Task description: Below are some records. Print exactly the lines between the one holding "rules as text." and the one holding "all sets as text.", inclusive, and nothing else.

Collected data entries
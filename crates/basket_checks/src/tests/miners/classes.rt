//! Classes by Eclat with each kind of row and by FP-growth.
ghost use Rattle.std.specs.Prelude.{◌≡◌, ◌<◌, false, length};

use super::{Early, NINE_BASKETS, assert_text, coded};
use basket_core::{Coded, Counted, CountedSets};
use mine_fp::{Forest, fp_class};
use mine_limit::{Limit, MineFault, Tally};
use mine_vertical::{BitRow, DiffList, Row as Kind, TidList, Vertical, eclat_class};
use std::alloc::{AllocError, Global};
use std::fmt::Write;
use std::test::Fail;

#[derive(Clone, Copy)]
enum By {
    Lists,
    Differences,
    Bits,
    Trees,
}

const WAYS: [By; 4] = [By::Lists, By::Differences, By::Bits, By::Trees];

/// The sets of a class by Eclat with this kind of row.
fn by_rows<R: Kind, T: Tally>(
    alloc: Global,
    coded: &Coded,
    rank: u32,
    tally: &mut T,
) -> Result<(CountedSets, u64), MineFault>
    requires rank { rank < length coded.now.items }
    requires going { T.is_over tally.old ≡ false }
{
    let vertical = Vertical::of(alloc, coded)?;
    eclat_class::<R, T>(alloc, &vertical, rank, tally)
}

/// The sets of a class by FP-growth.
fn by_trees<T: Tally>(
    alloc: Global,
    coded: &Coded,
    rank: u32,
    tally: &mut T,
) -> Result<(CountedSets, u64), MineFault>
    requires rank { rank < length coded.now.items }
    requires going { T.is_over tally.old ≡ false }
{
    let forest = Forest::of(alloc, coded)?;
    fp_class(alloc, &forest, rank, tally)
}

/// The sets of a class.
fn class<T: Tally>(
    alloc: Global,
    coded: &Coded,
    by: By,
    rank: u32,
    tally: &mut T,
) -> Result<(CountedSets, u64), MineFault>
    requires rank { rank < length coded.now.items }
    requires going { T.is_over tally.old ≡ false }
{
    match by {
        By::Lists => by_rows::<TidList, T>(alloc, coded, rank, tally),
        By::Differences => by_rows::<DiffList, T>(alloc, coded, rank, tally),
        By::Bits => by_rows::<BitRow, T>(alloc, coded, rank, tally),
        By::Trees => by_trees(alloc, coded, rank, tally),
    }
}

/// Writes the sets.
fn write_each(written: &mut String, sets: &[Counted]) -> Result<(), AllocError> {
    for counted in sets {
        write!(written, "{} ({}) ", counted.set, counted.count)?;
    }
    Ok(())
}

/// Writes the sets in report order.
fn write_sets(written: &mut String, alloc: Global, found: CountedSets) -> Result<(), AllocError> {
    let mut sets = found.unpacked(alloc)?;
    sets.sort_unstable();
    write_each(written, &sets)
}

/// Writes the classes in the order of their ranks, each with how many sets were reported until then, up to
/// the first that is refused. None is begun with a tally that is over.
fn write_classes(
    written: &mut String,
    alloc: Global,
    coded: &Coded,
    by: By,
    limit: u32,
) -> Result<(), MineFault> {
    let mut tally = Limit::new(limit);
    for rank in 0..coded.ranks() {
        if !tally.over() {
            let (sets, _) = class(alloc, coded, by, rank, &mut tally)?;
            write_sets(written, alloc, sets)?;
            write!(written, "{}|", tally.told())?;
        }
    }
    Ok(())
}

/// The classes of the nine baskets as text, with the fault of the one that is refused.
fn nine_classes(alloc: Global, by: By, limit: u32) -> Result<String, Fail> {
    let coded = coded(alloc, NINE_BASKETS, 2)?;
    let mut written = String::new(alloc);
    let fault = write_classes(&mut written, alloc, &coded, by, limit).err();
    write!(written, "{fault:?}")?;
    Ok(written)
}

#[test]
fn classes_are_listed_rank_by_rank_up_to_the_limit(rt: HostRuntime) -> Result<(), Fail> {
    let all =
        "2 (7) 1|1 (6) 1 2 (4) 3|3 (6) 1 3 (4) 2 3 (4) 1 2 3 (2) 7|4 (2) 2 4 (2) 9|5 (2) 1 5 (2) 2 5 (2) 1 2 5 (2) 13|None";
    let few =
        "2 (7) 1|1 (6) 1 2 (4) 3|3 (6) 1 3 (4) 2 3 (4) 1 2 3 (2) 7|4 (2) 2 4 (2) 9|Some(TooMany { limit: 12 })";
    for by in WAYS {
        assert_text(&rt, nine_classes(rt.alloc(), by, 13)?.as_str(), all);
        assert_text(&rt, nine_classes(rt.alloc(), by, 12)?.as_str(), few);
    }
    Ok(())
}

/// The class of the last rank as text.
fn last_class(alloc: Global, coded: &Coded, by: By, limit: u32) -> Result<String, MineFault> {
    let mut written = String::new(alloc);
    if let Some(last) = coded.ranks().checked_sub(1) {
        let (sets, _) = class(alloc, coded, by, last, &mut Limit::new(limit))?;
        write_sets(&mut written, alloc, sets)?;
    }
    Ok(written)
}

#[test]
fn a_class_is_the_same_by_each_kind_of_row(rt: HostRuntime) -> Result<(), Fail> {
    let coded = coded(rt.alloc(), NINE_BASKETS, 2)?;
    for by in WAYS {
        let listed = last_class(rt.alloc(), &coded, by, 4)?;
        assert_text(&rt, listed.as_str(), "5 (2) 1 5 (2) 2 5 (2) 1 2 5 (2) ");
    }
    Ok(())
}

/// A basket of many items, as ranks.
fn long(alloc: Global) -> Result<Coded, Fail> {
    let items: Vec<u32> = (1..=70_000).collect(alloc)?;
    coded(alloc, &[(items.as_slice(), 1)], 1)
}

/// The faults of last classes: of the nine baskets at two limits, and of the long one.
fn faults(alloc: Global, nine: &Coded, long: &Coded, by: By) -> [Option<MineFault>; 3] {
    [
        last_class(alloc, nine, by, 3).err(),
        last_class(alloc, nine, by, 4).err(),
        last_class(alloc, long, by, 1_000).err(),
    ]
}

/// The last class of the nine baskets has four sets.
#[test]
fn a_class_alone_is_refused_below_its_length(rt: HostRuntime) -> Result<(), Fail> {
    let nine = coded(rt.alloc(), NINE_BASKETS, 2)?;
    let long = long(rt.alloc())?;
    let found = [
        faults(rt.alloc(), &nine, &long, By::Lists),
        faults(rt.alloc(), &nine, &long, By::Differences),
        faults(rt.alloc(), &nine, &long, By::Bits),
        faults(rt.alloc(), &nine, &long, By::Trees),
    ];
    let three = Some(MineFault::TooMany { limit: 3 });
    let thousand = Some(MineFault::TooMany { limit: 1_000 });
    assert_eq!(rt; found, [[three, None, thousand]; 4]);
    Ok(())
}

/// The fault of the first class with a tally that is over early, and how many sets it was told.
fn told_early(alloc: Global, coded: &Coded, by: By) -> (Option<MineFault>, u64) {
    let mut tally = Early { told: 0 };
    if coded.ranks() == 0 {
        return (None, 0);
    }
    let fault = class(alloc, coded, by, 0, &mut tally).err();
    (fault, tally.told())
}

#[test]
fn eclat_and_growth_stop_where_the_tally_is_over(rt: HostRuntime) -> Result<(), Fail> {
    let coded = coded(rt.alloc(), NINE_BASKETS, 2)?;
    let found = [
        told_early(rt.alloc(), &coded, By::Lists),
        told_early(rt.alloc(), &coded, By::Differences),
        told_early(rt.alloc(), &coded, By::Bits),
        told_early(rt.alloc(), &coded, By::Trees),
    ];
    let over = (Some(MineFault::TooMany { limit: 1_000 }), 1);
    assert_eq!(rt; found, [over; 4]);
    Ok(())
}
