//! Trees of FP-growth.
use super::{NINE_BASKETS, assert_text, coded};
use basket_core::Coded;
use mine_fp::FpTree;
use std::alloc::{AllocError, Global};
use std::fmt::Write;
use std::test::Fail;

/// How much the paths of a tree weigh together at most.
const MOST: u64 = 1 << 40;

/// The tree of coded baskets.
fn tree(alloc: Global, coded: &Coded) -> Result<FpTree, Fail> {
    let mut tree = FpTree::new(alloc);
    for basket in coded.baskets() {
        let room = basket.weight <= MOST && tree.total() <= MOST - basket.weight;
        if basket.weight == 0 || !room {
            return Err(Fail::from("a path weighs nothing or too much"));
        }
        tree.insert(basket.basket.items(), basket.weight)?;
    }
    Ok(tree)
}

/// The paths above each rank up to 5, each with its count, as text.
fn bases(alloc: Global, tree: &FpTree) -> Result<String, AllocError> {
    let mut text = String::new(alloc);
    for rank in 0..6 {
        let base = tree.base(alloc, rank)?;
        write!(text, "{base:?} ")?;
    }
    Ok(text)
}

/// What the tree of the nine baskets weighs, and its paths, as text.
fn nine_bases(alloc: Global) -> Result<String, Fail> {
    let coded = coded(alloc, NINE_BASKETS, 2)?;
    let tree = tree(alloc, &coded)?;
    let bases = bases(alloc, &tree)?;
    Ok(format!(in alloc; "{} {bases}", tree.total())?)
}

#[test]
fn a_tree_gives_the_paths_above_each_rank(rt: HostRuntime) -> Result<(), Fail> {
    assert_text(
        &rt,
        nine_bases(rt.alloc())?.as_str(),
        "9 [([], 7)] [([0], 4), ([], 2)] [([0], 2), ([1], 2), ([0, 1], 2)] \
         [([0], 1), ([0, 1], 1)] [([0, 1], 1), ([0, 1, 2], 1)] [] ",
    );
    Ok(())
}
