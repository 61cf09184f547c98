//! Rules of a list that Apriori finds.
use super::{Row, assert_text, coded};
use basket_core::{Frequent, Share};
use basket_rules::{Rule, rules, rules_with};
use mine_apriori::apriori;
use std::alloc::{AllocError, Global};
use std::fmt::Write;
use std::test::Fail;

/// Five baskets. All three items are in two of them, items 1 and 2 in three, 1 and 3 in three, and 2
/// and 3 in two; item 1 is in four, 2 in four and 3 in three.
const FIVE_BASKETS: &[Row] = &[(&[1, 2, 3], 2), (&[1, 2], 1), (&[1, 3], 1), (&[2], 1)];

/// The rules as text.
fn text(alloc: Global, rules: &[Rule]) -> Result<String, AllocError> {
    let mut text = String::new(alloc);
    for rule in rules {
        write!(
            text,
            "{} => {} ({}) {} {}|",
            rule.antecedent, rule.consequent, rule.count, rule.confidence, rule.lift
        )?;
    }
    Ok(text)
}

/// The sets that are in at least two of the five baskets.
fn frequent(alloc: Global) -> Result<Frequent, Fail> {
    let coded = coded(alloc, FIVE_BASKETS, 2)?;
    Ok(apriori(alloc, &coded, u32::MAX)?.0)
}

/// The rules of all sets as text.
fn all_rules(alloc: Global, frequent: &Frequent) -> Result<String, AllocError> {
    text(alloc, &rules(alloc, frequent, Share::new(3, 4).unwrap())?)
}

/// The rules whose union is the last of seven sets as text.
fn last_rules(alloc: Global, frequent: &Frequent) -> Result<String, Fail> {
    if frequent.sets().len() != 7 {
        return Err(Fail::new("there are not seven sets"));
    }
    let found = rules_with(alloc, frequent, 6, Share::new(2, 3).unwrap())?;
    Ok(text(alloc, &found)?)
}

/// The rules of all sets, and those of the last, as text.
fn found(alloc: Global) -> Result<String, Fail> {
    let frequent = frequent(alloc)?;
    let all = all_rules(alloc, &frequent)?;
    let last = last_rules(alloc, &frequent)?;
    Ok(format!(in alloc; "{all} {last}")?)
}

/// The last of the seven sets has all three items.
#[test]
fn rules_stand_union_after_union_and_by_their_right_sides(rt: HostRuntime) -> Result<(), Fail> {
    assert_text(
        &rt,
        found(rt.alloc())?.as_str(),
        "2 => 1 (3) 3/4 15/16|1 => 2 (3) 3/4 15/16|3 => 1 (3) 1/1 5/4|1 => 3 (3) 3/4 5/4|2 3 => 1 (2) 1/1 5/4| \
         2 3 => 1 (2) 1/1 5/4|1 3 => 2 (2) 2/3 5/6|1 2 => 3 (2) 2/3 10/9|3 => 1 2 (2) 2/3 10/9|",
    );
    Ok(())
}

Final answer:
/// The rules as text.
fn text(alloc: Global, rules: &[Rule]) -> Result<String, AllocError> {
    let mut text = String::new(alloc);
    for rule in rules {
        write!(
            text,
            "{} => {} ({}) {} {}|",
            rule.antecedent, rule.consequent, rule.count, rule.confidence, rule.lift
        )?;
    }
    Ok(text)
}

/// The sets that are in at least two of the five baskets.
fn frequent(alloc: Global) -> Result<Frequent, Fail> {
    let coded = coded(alloc, FIVE_BASKETS, 2)?;
    Ok(apriori(alloc, &coded, u32::MAX)?.0)
}

/// The rules of all sets as text.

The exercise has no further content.